Vol. 28 No. 3-4 1961 - page 469

BEFORE
SUNRISE
Enemies
Sunday. I go down the street. Someone calls out "Misha!"
I see a woman. She is dressed simply; she is carrying a bag of
groceries.
"Misha!" she repeats, and the tears run down her cheeks.
Before me is Nadya V.'s sister-Katya.
"Good heavens," she mutters, "It's you ... it's you... ."
My heart is thumping terribly.
"I thought you'd left!" I say. "And where's Nadya? Your
family?"
"Nadya and Marusya are in Paris ... let's go to my place
and I'll tell you everything ... but don't be surprised-I live
very simply ... my husband is a very good man ... he respects
and pities me ... he's an ordinary laborer...."
We go into
.a
little room.
A man gets up from the table. He is about forty. After
greeting me he immediately puts on his coat and goes out.

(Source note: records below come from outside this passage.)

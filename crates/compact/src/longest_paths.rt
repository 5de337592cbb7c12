//! Longest paths (Lengauer 1990) over segments: vertices that darts across join, by the neighbours of each vertex.
//! Segments come in a topological order: the preorder of a depth-first tree, which has of the arcs to a segment the one
//! farthest to the right. In a plane map with one source and one sink, as boxes are, an arc from a segment that comes
//! later would have to cross the path of the tree. All is inlined into the two calls of `lower_bounds_along`, so that
//! the directions of an axis are constants.
ghost use Rattle.std.specs.Prelude.{◌≡◌, ℕ, ◌*◌, ◌<◌, length, IfOk, ◌^◌, ◌≤◌};
ghost use Rattle.compact.specs.Neighbours.{AreNeighbours, HasNeighbours, neighbour, AreUnder, Grow, StayEqual, StayUnder};
ghost use Rattle.dissect.specs.Boxes.{dart_map};
ghost use Rattle.compact.specs.Monotone.{growth, across};

use crate::axis::Axis;
use common::filled;
use dissect::Boxes;
use ortho_rep::MAX_COORDINATE;
use std::alloc::AllocError;

/// The value for a missing vertex, greater than any vertex number.
pub const NO_VERTEX: u32 = u32::MAX;

/// The neighbours of each vertex of `boxes`, four items for each in turn: the vertices to which darts lead from it to
/// the east, north, west and south, `NO_VERTEX` where none does. They are in the buffer of `around`. `AllocError` if
/// there is no memory; `around` is then gone.
///
/// Linear in the darts.
pub fn neighbours_of(boxes: &Boxes, around: Vec<u32>) -> Result<Vec<u32>, AllocError>
    ensures neighbours { IfOk result (λ around. AreNeighbours (dart_map boxes.now) around.items boxes.now.vertices) }
    ensures all_neighbours { IfOk result (λ around. HasNeighbours (dart_map boxes.now) around.items boxes.now.darts) }
    ensures count { IfOk result (λ around. length around.items ≡ 4 * boxes.now.vertices) }
{
    let mut around = filled(around, 4 * boxes.vertices() as usize, NO_VERTEX)?;
    let heads = boxes.heads();
    let reverse_darts = boxes.reverse_darts();
    let directions = boxes.directions();
    for dart in 0..boxes.darts() as usize {
        let from = heads[reverse_darts[dart] as usize];
        around[4 * from as usize + usize::from(directions[dart])] = heads[dart];
    }
    Ok(around)
}

/// The neighbours of each vertex, with the numbers of the four directions as seen along an axis.
#[derive(Clone, Copy)]
pub struct Neighbours<'a> {
    /// The next vertex of each vertex in each of the four directions, out of range if there is none.
    pub around: &'a [u32],
    /// The direction along the axis.
    pub ahead: u8,
    /// The direction against it.
    pub back: u8,
    /// The direction a quarter turn to the left of `ahead`.
    pub left: u8,
    /// The direction a quarter turn to the right of `ahead`.
    pub right: u8,
}

impl<'a> Neighbours<'a> {
    /// The neighbours `around`, four for each vertex, with the numbers of the directions as seen along `axis`: 0 is
    /// east, 1 north, 2 west and 3 south. `ahead` is 0 for x and 1 for y; from it `left`, `back` and `right` follow by
    /// quarter turns to the left.
    #[inline(always)]
    pub fn along(around: &'a [u32], axis: Axis) -> Neighbours<'a>
        ensures around { result.around.now ≡ around.now }
        ensures ahead { (result.ahead < 4) × (result.ahead ≡ growth axis) }
        ensures left { (result.left < 4) × (result.left ≡ across axis) }
        ensures right { result.right < 4 }
        ensures back { result.back < 4 }
    {
        let (ahead, left, back, right) = match axis {
            Axis::X => (0, 1, 2, 3),
            Axis::Y => (1, 2, 3, 0),
        };
        Neighbours {
            around,
            ahead,
            back,
            left,
            right,
        }
    }
}

/// A stack of the first vertices of segments that are still to come. The first vertex of a segment has no neighbour to
/// its right.
///
/// Time and the coordinates depend on what it holds: where a segment comes twice, its second visit can even lower a
/// coordinate. Whatever it holds, no coordinate goes above any that grow along the arcs; only that is proved.
#[derive(Drop)]
struct SegmentStack<'a> {
    firsts: &'a mut [u32],
    count: usize,
}

impl SegmentStack<'_> {
    /// Pushes the vertex `first` if `comes` is true and the stack is not full; a full stack stays as it is, and never
    /// grows. If it is not full, the place above the top is written in any case: which vertices come cannot be
    /// predicted, so no branch depends on it.
    fn push(&mut self, first: u32, comes: bool) {
        if self.count < self.firsts.len() {
            self.firsts[self.count] = first;
            self.count += usize::from(comes);
        }
    }

    /// Removes the vertex on top of the stack and returns it. If the stack is empty, returns `NO_VERTEX`.
    fn pop(&mut self) -> u32 {
        let Some(top) = self.count.checked_sub(1) else {
            return NO_VERTEX;
        };
        self.count = top;
        self.firsts.get(top).copied().unwrap_or(NO_VERTEX)
    }
}

/// The first vertex, from `begin` to `vertices` - 1, with no neighbour to its right and none at its back, or
/// `NO_VERTEX` if there is none. In boxes, all segments are reached from the segment of that vertex.
#[inline(always)]
fn find_source(neighbours: Neighbours<'_>, begin: u32, vertices: u32) -> u32
    requires directions { (neighbours.right < 4) × (neighbours.back < 4) }
    requires count { length neighbours.around.now ≡ 4 * vertices }
{
    for vertex in begin..vertices {
        let place = 4 * vertex as usize;
        let right = neighbours.around[place + usize::from(neighbours.right)];
        if right >= vertices {
            let back = neighbours.around[place + usize::from(neighbours.back)];
            if back >= vertices {
                return vertex;
            }
        }
    }
    NO_VERTEX
}

/// The greatest of `coordinates` on a segment: that of its first vertex `first`, and of each next vertex in the
/// direction `left`, up to one with no neighbour there.
#[inline(always)]
fn greatest_on(around: &[u32], left: u8, first: u32, coordinates: &[u16]) -> u16
    requires left { left < 4 }
    requires first { first < length coordinates.now }
    requires count { length around.now ≡ 4 * length coordinates.now }
    ensures { (y : ℕ → ℕ) → StayEqual (neighbour around.now left) (length coordinates.now) y
        → AreUnder (length coordinates.now) coordinates.now y → result ≤ y first }
{
    let mut greatest = coordinates[first as usize];
    let mut vertex = first;
    for _ in 0..coordinates.len() {
        let next = around[4 * vertex as usize + usize::from(left)];
        if next as usize >= coordinates.len() {
            return greatest;
        }
        vertex = next;
        greatest = greatest.max(coordinates[vertex as usize]);
    }
    greatest
}

/// Sets the item of `coordinates` of `vertex` to `coordinate`, and that of the next vertex along the axis, if there is
/// one, to one more, but no more than 65,535, whatever it was. Pushes the next vertex on `stack`, unless that is full,
/// if it is the first of its segment.
#[inline(always)]
fn place_vertex(
    neighbours: Neighbours<'_>,
    vertex: u32,
    coordinate: u16,
    stack: &mut SegmentStack<'_>,
    coordinates: &mut [u16],
)
    requires directions { (neighbours.ahead < 4) × (neighbours.right < 4) }
    requires vertex { vertex < length coordinates.old }
    requires count { length neighbours.around.now ≡ 4 * length coordinates.old }
    ensures under { (y : ℕ → ℕ) → Grow (neighbour neighbours.entry.around.now neighbours.entry.ahead) (length coordinates.old) y
        → coordinate ≤ y vertex → AreUnder (length coordinates.old) coordinates.old y → AreUnder (length coordinates.old) coordinates.new y }
    ensures count { length coordinates.new ≡ length coordinates.old }
{
    coordinates[vertex as usize] = coordinate;
    let to = neighbours.around[4 * vertex as usize + usize::from(neighbours.ahead)];
    if to as usize >= coordinates.len() {
        return;
    }
    coordinates[to as usize] = (u32::from(coordinate) + 1).min(MAX_COORDINATE) as u16;
    let right = neighbours.around[4 * to as usize + usize::from(neighbours.right)];
    stack.push(to, right as usize >= coordinates.len());
}

/// Sets the items of `coordinates` of all vertices of the segment whose first vertex is `first` to the greatest among
/// them, and those of the next vertices along the axis to one more, but no more than 65,535. Pushes on `stack`, unless
/// that is full, the next vertices that are the first of their segments.
#[inline(always)]
fn place_segment(
    neighbours: Neighbours<'_>,
    first: u32,
    stack: &mut SegmentStack<'_>,
    coordinates: &mut [u16],
)
    requires directions { (neighbours.ahead < 4) × (neighbours.left < 4) × (neighbours.right < 4) }
    requires first { first < length coordinates.old }
    requires count { length neighbours.around.now ≡ 4 * length coordinates.old }
    ensures under { StayUnder (length coordinates.old) (neighbour neighbours.entry.around.now neighbours.entry.ahead) (neighbour neighbours.entry.around.now neighbours.entry.left) coordinates.old coordinates.new }
    ensures count { length coordinates.new ≡ length coordinates.old }
{
    let greatest = greatest_on(neighbours.around, neighbours.left, first, coordinates);
    let mut vertex = first;
    for _ in 0..coordinates.len() {
        place_vertex(neighbours, vertex, greatest, stack, coordinates);
        let next = neighbours.around[4 * vertex as usize + usize::from(neighbours.left)];
        if next as usize >= coordinates.len() {
            return;
        }
        vertex = next;
    }
}

/// Sets `coordinates`, all 0 at first, to lengths of longest paths along the axis of `neighbours`, at most 65,535, if
/// all faces are boxes. It overwrites `stack`, which has a place for each vertex and does not grow. `coordinates` stays
/// as it is if no vertex from `begin` on can be the first of all.
///
/// Segments are placed in a topological order, and wait in `stack`. The first one of all is looked for from the vertex
/// `begin` on. If all faces are boxes, it visits each segment once, in time linear in the vertices. What is proved, of
/// any faces, is that no coordinate goes above any that grow along the arcs.
#[inline(always)]
pub fn raise_to_longest_paths(
    stack: &mut [u32],
    neighbours: Neighbours<'_>,
    begin: u32,
    coordinates: &mut [u16],
)
    requires directions { (neighbours.ahead < 4) × (neighbours.left < 4) × (neighbours.right < 4) × (neighbours.back < 4) }
    requires count { length neighbours.around.now ≡ 4 * length coordinates.old }
    requires few { length coordinates.old < 2 ^ 32 }
    ensures under { StayUnder (length coordinates.old) (neighbour neighbours.entry.around.now neighbours.entry.ahead) (neighbour neighbours.entry.around.now neighbours.entry.left) coordinates.old coordinates.new }
    ensures count { length coordinates.new ≡ length coordinates.old }
{
    let source = find_source(neighbours, begin, coordinates.len() as u32);
    let mut waiting = SegmentStack {
        firsts: stack,
        count: 0,
    };
    waiting.push(source, true);
    for _ in 0..coordinates.len() {
        let first = waiting.pop();
        if first as usize >= coordinates.len() {
            break;
        }
        place_segment(neighbours, first, &mut waiting, coordinates);
    }
}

"You see how good and tactful he is," says Katya. "He
realized at once I wanted to talk to you."
We sit down on the couch. Emotion is choking us. Katya
begins
crying. She cries so loudly that someone opens the door
and asks what happened.
"Nothing," shouts Katya.
She is again shaken with sobs. She's probably crying for
what is past. She probably sees the past in me. Her youth, her
childhood. I calm her down.
Going across to the washbasin, she wipes her tearful face
, and blows her nose loudly.
Then she begins to talk. In 1917 she went to the south in–
tending to reach the Caucasus and then escape abroad. But in
Rostov she caught typhus. It was not possible to wait. Only a
few days were left. Her sisters drew lots to see who would stay
with their father. Katya stayed. She was in dire straits when her
father died. She worked as a charwoman, then as a housemaid.